#### WORK INSTRUCTION
Work through the records below, line by line, and say how many lines include "Rattle", with nothing else.

[Dataset entries]
⁂

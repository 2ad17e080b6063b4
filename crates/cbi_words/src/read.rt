ghost use Rattle.std.specs.Prelude.{◌≡◌, None, Some, IfOk, map};
ghost use Rattle.cbi_usage.specs.UsageText.{IsUsageText};
ghost use Rattle.cbi_options.specs.Answers.{ReadAs};
ghost use Rattle.cbi_options.specs.Options.{value_of};
ghost use Rattle.cbi_options.specs.WordRule.{texts_of};
ghost use Rattle.cbi_words.specs.Answers.{OnUsage};
ghost use Rattle.cbi_words.specs.BadValue.{bad_bank, bad_bugs, bad_in, bad_lines, bad_rank, bad_run, bad_runs, bad_session};
ghost use Rattle.cbi_words.specs.BadValue.{bad_study, bad_transform, bad_value, bad_widen, later_bad_in, listing_bad_in};
ghost use Rattle.cbi_words.specs.Reading.{bank_of, bugs_of, cards_of, collect_of, command_in, given_after, later_command_in, lines_of, listed_runs_of};
ghost use Rattle.cbi_words.specs.Reading.{command_of_words, listing_command_in, pairs_of, rank_of, run_of, session_of, study_of, transform_of, widen_of};
ghost use Rattle.cbi_words.specs.Within.{IsWithin};

use crate::command::Command;
use crate::error::WordsError;
use cbi_base::{Memory, Policy};
use cbi_options::{
    BankWords, Bounds, BugsWords, CardsWords, CollectWords, Fault, Given, LinesWords, PairsWords,
    RankWords, RunWords, RunsWords, SessionWords, StudyWords, TransformWords, WidenWords, Word,
    cut, mode_in, number_in, number_or, policy_or, schemes_or, share_in, share_or,
};
use cbi_usage::{bad_value_line, usage};
use std::alloc::Global;

/// The bound of turns, where the words give none.
const DEFAULT_TURNS: u64 = 1000000;

/// The bounds that the words may give to a bound of turns.
const TURNS: Bounds = Bounds {
    least: 0,
    most: 100000000,
};

/// The bounds of a run's number.
const RUN_NUMBERS: Bounds = Bounds {
    least: 1,
    most: 4294967295,
};

/// The bounds of how many runs are made.
const RUN_COUNTS: Bounds = Bounds {
    least: 1,
    most: 100000,
};

/// The bounds of a rate and of a bank's length.
const RATES: Bounds = Bounds {
    least: 1,
    most: 65536,
};

/// The bounds of a seed and of a stream.
const SEEDS: Bounds = Bounds {
    least: 0,
    most: 18446744073709551615,
};

/// The bounds of how many places are listed.
const MOST: Bounds = Bounds {
    least: 1,
    most: 1000,
};

/// The bounds of how far apart listed lines are.
const APART: Bounds = Bounds {
    least: 0,
    most: 100,
};

/// The bounds of how many places a bug has.
const ALSO: Bounds = Bounds {
    least: 1,
    most: 100,
};

// What is given after `transform`.
fn transform_of(given: &Given) -> Result<Command, Fault>
    ensures reads { ReadAs result (transform_of given.now) (bad_transform given.now) }
    ensures within { IfOk result IsWithin }
{
    let [text] = given.positionals.as_slice() else {
        return Err(Fault::Usage);
    };
    let Some(mode) = given.value_of("--mode") else {
        return Err(Fault::Usage);
    };
    let mode = mode_in("--mode", mode)?;
    let schemes = schemes_or(given, "--schemes")?;
    let part = share_or(given, "--part")?;
    Ok(Command::Transform(TransformWords {
        mode,
        schemes,
        part,
        text: text.try_clone()?,
    }))
}

/// The values of two options, where they are given.
#[derive(Debug, Drop)]
struct Two {
    first: Option<Word>,
    second: Option<Word>,
}

// Copies of those values.
fn two_of(alloc: Global, given: &Given, first: &str, second: &str) -> Result<Two, Memory>
    ensures first { IfOk result (λ two. two.first ≡ value_of first.now given.now.options) }
    ensures second { IfOk result (λ two. two.second ≡ value_of second.now given.now.options) }
{
    let first = given.copy_of(alloc, first)?;
    let second = given.copy_of(alloc, second)?;
    Ok(Two { first, second })
}
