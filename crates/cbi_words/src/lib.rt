//! The words of a command line: which command they read as.
#![tactic(auto)]

mod command;
mod error;
mod read;

pub use command::Command;
pub use error::WordsError;
pub use read::read_words;
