use cbi_options::{
    BankWords, BugsWords, CardsWords, CollectWords, LinesWords, PairsWords, RankWords, RunWords,
    RunsWords, SessionWords, StudyWords, TransformWords, WidenWords,
};

/// What the words ask for. A command that isn't built has no variant.
#[derive(Debug, Drop)]
pub enum Command {
    /// `transform`: compiles a text.
    Transform(TransformWords),
    /// `run`: runs a program file.
    Run(RunWords),
    /// `bank`: makes a bank.
    Bank(BankWords),
    /// `collect`: collects reports of runs of a program.
    Collect(CollectWords),
    /// `runs`: runs a program on each input of a list, and collects the reports.
    Runs(RunsWords),
    /// `rank`: ranks the predicates of a program by the runs of a collection.
    Rank(RankWords),
    /// `study`: makes runs of a text, and ranks its predicates by them.
    Study(StudyWords),
    /// `session`: follows the edits of a collection, and ranks where they say so.
    Session(SessionWords),
    /// `widen`: makes a collection of the whole program from one of a program with a part of its sites.
    Widen(WidenWords),
    /// `cards`: deals a card for each ranked predicate.
    Cards(CardsWords),
    /// `pairs`: finds the best conjunction of two predicates.
    Pairs(PairsWords),
    /// `lines`: lists suspicious lines, by the strength of their best predicates.
    Lines(LinesWords),
    /// `bugs`: lists bugs, each with the failing runs that it explains.
    Bugs(BugsWords),
}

⁂

#### RESPONSE TO THE TASK
11